System reliability R can be found if confidence level CL, number of units n, and number of failures r are known. Given the following data:
- CL = 0.8
- n = 20
- r = 1
the number of successes s is:
- [math]\displaystyle{ s = n – r = 19 }[/math]
and the posterior distribution is calculated as:
- [math]\displaystyle{ \alpha\,\!=\alpha\,\!_{0}+s=21.76333 }[/math]
- [math]\displaystyle{ \beta\,\!=\beta\,\!_{0}+r=1.44363 }[/math]
- [math]\displaystyle{ R=\text{BetaINV}\left(1-CL,\alpha\,\!,\beta\,\!\right)=0.902996 }[/math]
The confidence level CL can be found if system reliability R, number of units n, and number of failures r are known. Given the following data:
- R = 0.9
- n = 20
- r = 1
the number of successes s is:
- [math]\displaystyle{ s = n – r = 19 }[/math]

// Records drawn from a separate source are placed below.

//! Which form of expression a key names.
ghost use Rattle.std.specs.Prelude.{◌≡◌};
ghost use Rattle.lang_expressions.specs.Forms.{word_of, operator_of, form_of};

/// What is worth a value without an operand.
#[derive(Clone, Copy, Debug, PartialEq, Eq)]
pub enum Word {
    OwnScope,
    Generation,
    NearestError,
    Payload,
    Me,
}

/// What two operands are joined by.
#[derive(Clone, Copy, Debug, PartialEq, Eq)]
pub enum Pair {
    Add,
    Multiply,
    Equal,
    Less,
}

/// What is done with one operand.
#[derive(Clone, Copy, Debug, PartialEq, Eq)]
pub enum Single {
    Not,
    IsAbsent,
    Parse,
}

/// The forms of an expression that is an object.
#[derive(Clone, Copy, Debug, PartialEq, Eq)]
pub enum Form {
    Get,
    Read,
    LookUp,
    Cat,
    If,
    Two(Pair),
    One(Single),
    Said(Word),
}

#[tactic(auto, unfolding(crate::specs::Forms::word_of))]
fn word_of(key: &str) -> Option<Word>
    ensures word { result ≡ word_of key.now }
{
    if key == "scope" {
        Some(Word::OwnScope)
    } else if key == "generation" {
        Some(Word::Generation)
    } else if key == "error" {
        Some(Word::NearestError)
    } else if key == "payload" {
        Some(Word::Payload)
    } else if key == "me" {
        Some(Word::Me)
    } else {
        None
    }
}

#[tactic(auto, unfolding(crate::specs::Forms::operator_of))]
fn operator_of(key: &str) -> Option<Form>
    ensures operator { result ≡ operator_of key.now }
{
    if key == "add" {
        Some(Form::Two(Pair::Add))
    } else if key == "mul" {
        Some(Form::Two(Pair::Multiply))
    } else if key == "eq" {
        Some(Form::Two(Pair::Equal))
    } else if key == "lt" {
        Some(Form::Two(Pair::Less))
    } else if key == "not" {
        Some(Form::One(Single::Not))
    } else if key == "none" {
        Some(Form::One(Single::IsAbsent))
    } else if key == "parse" {
        Some(Form::One(Single::Parse))
    } else {
        None
    }
}

/// The form of an expression with this key.
#[tactic(auto, unfolding(crate::specs::Forms::form_of))]
pub fn form_of(key: &str) -> Option<Form>
    ensures form { result ≡ form_of key.now }
{
    if key == "get" {
        Some(Form::Get)
    } else if key == "read" {
        Some(Form::Read)
    } else if key == "context" {
        Some(Form::LookUp)
    } else if key == "cat" {
        Some(Form::Cat)
    } else if key == "if" {
        Some(Form::If)
    } else if let Some(word) = word_of(key) {
        Some(Form::Said(word))
    } else {
        operator_of(key)
    }
}
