//! Entries that were noted, beside those of a list.
ghost use Rattle.std.specs.Prelude.{◌≡◌, ℕ, suc, ◌+◌, ◌<◌, ◌≤◌, ◌∷◌, false, length, map, take, drop, IfOk, MatchOption};
ghost use Rattle.rt_model.specs.Replay.{same_entry};
ghost use Rattle.run_reports.specs.Seen.{entry_of};
ghost use Rattle.rt_audit.specs.Fronts.{IsFront, PartsAt, begins_with};

use rt_values::{List, OutOfMemory, Part};
use run_reports::Entry;

/// Whether two entries are the same.
fn same(a: Entry, b: Entry) -> bool
    ensures same { result ≡ same_entry (entry_of a) (entry_of b) }
{
    a.same(&b)
}

/// Whether a list has an entry at a place.
fn has_at(list: &[Entry], at: usize, entry: Entry) -> bool
    ensures has { result ≡ begins_with (entry_of entry) (drop at (map entry_of list.now)) }
{
    if at < list.len() {
        same(entry, list[at])
    } else {
        false
    }
}

/// The first place, from one on, where the entries that were noted are no longer those of a list.
pub(crate) fn parted(noted: &[Entry], list: &[Entry], from: usize) -> Option<usize>
    ensures parted { IsFront (take from (map entry_of noted.now)) (map entry_of list.now) →
        MatchOption result
        (IsFront (map entry_of noted.now) (map entry_of list.now))
        (λ at. PartsAt (map entry_of noted.now) (map entry_of list.now) at) }
{
    for at in from..noted.len() {
        if !has_at(list, at, noted[at]) {
            return Some(at);
        }
    }
    None
}

/// The entries after the one that opens a list; None where another one does, or none.
pub(crate) fn opened(list: &[Entry], opening: Entry) -> Option<&[Entry]>
    ensures opened { MatchOption result
        (begins_with (entry_of opening) (map entry_of list.now) ≡ false)
        (λ rest. map entry_of list.now ≡ entry_of opening ∷ map entry_of rest.now) }
{
    let Some((first, rest)) = list.split_first() else {
        return None;
    };
    if same(opening, *first) {
        Some(rest)
    } else {
        None
    }
}

/// The number of the entry behind so many that come after the opening one. One that no `u64` counts
/// is answered as want of memory.
pub(crate) fn number_behind(good: usize) -> Result<u64, OutOfMemory>
    ensures number { IfOk result (λ number. number ≡ good + 1) }
{
    match (good as u64).checked_add(1) {
        Some(number) => Ok(number),
        None => Err(OutOfMemory),
    }
}

/// The list of this number, where there is one.
pub(crate) fn list_at(log: &[List<Entry>], at: usize) -> Option<&[Entry]>
    ensures list { MatchOption result
        (length log.now ≤ at)
        (λ list. (at < length log.now) × (drop at (map (map entry_of) log.now)
        ≡ map entry_of list.now ∷ drop (suc at) (map (map entry_of) log.now))) }
{
    if at < log.len() {
        Some(log[at].as_slice())
    } else {
        None
    }
}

and the posterior distribution is calculated as:
- [math]\displaystyle{ \alpha\,\!=\alpha_{0}+s=21.76333 }[/math]
- [math]\displaystyle{ \beta\,\!=\beta_{0}+r=1.44363 }[/math]
- [math]\displaystyle{ CL=\text{BetaDist}\left(R,\alpha,\beta\right)=0.812164 }[/math]

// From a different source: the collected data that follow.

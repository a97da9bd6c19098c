//! Attributes and listeners of an element.
ghost use Rattle.std.specs.Prelude.{◌≡◌, IfOk, option_map};
ghost use Rattle.serde_json.specs.View.{view, members_view};
ghost use Rattle.lang_expressions.specs.Lists.{read_members};
ghost use Rattle.lang_expressions.specs.Attributes.{attribute_in, listener_in, attributes_at, listeners_at, all_in};

use crate::calls::call_at;
use crate::expressions::read_expression;
use crate::keys::is_object_of;
use crate::signatures::Names;
use lang_syntax::ViewAttribute;
use rt_values::{List, OutOfMemory, Text, is_name};
use serde_json::{Map, Value};
use std::alloc::Global;

fn attribute(
    alloc: Global,
    names: &Names,
    variables: &[Text],
    name: &str,
    value: &Value,
) -> Result<Option<ViewAttribute>, OutOfMemory>
    ensures attribute { IfOk result (λ read. read
        ≡ attribute_in names.now variables.now name.now (view value.now)) }
{
    if !is_name(name) {
        return Ok(None);
    }
    let name = Text::shared(alloc, name)?;
    if let Some(text) = value.as_str() {
        let value = Text::shared(alloc, text)?;
        return Ok(Some(ViewAttribute::Static { name, value }));
    }
    match read_expression(alloc, names, variables, value)? {
        Some(value) => Ok(Some(ViewAttribute::Slot { name, value })),
        None => Ok(None),
    }
}

fn listener(
    alloc: Global,
    names: &Names,
    variables: &[Text],
    name: &str,
    value: &Value,
) -> Result<Option<ViewAttribute>, OutOfMemory>
    ensures listener { IfOk result (λ read. read
        ≡ listener_in names.now variables.now name.now (view value.now)) }
{
    if !is_name(name) || !is_object_of(value, &["do", "args"]) {
        return Ok(None);
    }
    let actions = names.actions.as_slice();
    let Some((action, arguments)) = call_at(alloc, names, variables, actions, value, "do")? else {
        return Ok(None);
    };
    Ok(Some(ViewAttribute::Listener {
        name: Text::shared(alloc, name)?,
        action,
        arguments,
    }))
}

fn attributes(
    alloc: Global,
    names: &Names,
    variables: &[Text],
    members: &Map<String, Value>,
) -> Result<Option<Vec<ViewAttribute>>, OutOfMemory>
    ensures attributes { IfOk result (λ read. option_map (λ kept. kept.items) read
        ≡ read_members (attribute_in names.now variables.now) (members_view members.now.entries)) }
{
    let mut read = Vec::new(alloc);
    for (name, value) in members.iter() {
        let Some(one) = attribute(alloc, names, variables, name.as_str(), value)? else {
            return Ok(None);
        };
        read.push(one)?;
    }
    Ok(Some(read))
}

fn listeners(
    alloc: Global,
    names: &Names,
    variables: &[Text],
    members: &Map<String, Value>,
) -> Result<Option<Vec<ViewAttribute>>, OutOfMemory>
    ensures listeners { IfOk result (λ read. option_map (λ kept. kept.items) read
        ≡ read_members (listener_in names.now variables.now) (members_view members.now.entries)) }
{
    let mut read = Vec::new(alloc);
    for (name, value) in members.iter() {
        let Some(one) = listener(alloc, names, variables, name.as_str(), value)? else {
            return Ok(None);
        };
        read.push(one)?;
    }
    Ok(Some(read))
}

fn attributes_at(
    alloc: Global,
    names: &Names,
    variables: &[Text],
    value: &Value,
) -> Result<Option<Vec<ViewAttribute>>, OutOfMemory>
    ensures attributes { IfOk result (λ read. option_map (λ kept. kept.items) read
        ≡ attributes_at names.now variables.now (view value.now)) }
{
    match value.get("attrs") {
        None => Ok(Some(Vec::new(alloc))),
        Some(found) => match found.as_object() {
            Some(members) => attributes(alloc, names, variables, members),
            None => Ok(None),
        },
    }
}

fn listeners_at(
    alloc: Global,
    names: &Names,
    variables: &[Text],
    value: &Value,
) -> Result<Option<Vec<ViewAttribute>>, OutOfMemory>
    ensures listeners { IfOk result (λ read. option_map (λ kept. kept.items) read
        ≡ listeners_at names.now variables.now (view value.now)) }
{
    match value.get("on") {
        None => Ok(Some(Vec::new(alloc))),
        Some(found) => match found.as_object() {
            Some(members) => listeners(alloc, names, variables, members),
            None => Ok(None),
        },
    }
}

/// The attributes of an element in order of name, then its listeners in order of name.
pub fn all_attributes(
    alloc: Global,
    names: &Names,
    variables: &[Text],
    value: &Value,
) -> Result<Option<List<ViewAttribute>>, OutOfMemory>
    ensures all { IfOk result (λ read. read ≡ all_in names.now variables.now (view value.now)) }
{
    let Some(attributes) = attributes_at(alloc, names, variables, value)? else {
        return Ok(None);
    };
    let Some(listeners) = listeners_at(alloc, names, variables, value)? else {
        return Ok(None);
    };
    let mut all = List::from_vec(attributes);
    all.append(List::from_vec(listeners))?;
    Ok(Some(all))
}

The number of units n can be found if system reliability R, confidence level CL, and number of failures r are known. Given the following data:
- R = 0.9
- CL = 0.8
- r = 1
the Number of Units utility in the Non-Parametric Binomial tab of the Design a Reliability Demonstration Test window can be used to solve for n.
The figure above shows that, in this case, n = 28.925085. The posterior distribution can now be calculated as [math]\displaystyle{ s=n-r=27.925085 }[/math] [math]\displaystyle{ \alpha=\alpha_{0}+s=30.688416 }[/math] [math]\displaystyle{ \beta=\beta_{0}+r=1.44363 }[/math]
which results in a confidence level of [math]\displaystyle{ CL=1-1-\text{BetaDist}\left(R,\alpha,\beta\right)=0.91775 }[/math] Since the confidence level (0.91775) is greater than that which is required (0.8), we can reduce the number of units n until the calculated confidence level is close to the required value of 0.8. This results in the number of units n = 19.31.